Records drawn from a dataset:
—————

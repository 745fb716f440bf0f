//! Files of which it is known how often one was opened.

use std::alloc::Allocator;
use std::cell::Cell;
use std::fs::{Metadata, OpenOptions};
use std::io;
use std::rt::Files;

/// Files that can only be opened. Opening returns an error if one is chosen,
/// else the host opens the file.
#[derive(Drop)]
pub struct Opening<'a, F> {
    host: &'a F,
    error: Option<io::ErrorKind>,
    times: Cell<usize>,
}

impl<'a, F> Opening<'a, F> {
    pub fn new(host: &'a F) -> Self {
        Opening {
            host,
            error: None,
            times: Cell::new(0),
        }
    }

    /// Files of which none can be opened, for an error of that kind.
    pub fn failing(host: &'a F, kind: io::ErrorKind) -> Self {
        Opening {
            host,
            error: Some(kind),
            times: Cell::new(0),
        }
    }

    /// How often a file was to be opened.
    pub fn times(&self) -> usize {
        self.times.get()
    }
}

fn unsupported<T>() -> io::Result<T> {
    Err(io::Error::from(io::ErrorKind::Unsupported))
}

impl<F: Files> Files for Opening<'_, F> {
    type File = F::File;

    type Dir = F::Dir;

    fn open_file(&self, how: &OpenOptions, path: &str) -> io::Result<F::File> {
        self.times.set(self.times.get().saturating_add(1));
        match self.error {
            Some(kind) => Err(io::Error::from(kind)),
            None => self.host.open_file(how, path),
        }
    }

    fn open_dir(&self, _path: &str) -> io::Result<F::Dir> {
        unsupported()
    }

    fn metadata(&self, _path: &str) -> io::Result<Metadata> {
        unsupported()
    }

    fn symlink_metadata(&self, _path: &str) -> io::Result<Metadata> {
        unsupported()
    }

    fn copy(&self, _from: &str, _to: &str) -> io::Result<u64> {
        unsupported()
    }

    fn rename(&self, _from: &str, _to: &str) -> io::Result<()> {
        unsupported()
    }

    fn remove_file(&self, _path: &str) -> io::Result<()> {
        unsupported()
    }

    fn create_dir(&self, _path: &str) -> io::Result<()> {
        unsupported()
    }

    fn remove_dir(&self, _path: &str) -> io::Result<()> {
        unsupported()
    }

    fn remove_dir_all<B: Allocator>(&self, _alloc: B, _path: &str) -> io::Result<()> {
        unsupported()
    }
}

—————

Return the span of lines in the data above that opens at the line with "to be opened." and closes at the line with "impl<F: Files> Files", exactly, ends included, nothing else.

__Response box__
    /// How often a file was to be opened.
    pub fn times(&self) -> usize {
        self.times.get()
    }
}

fn unsupported<T>() -> io::Result<T> {
    Err(io::Error::from(io::ErrorKind::Unsupported))
}

impl<F: Files> Files for Opening<'_, F> {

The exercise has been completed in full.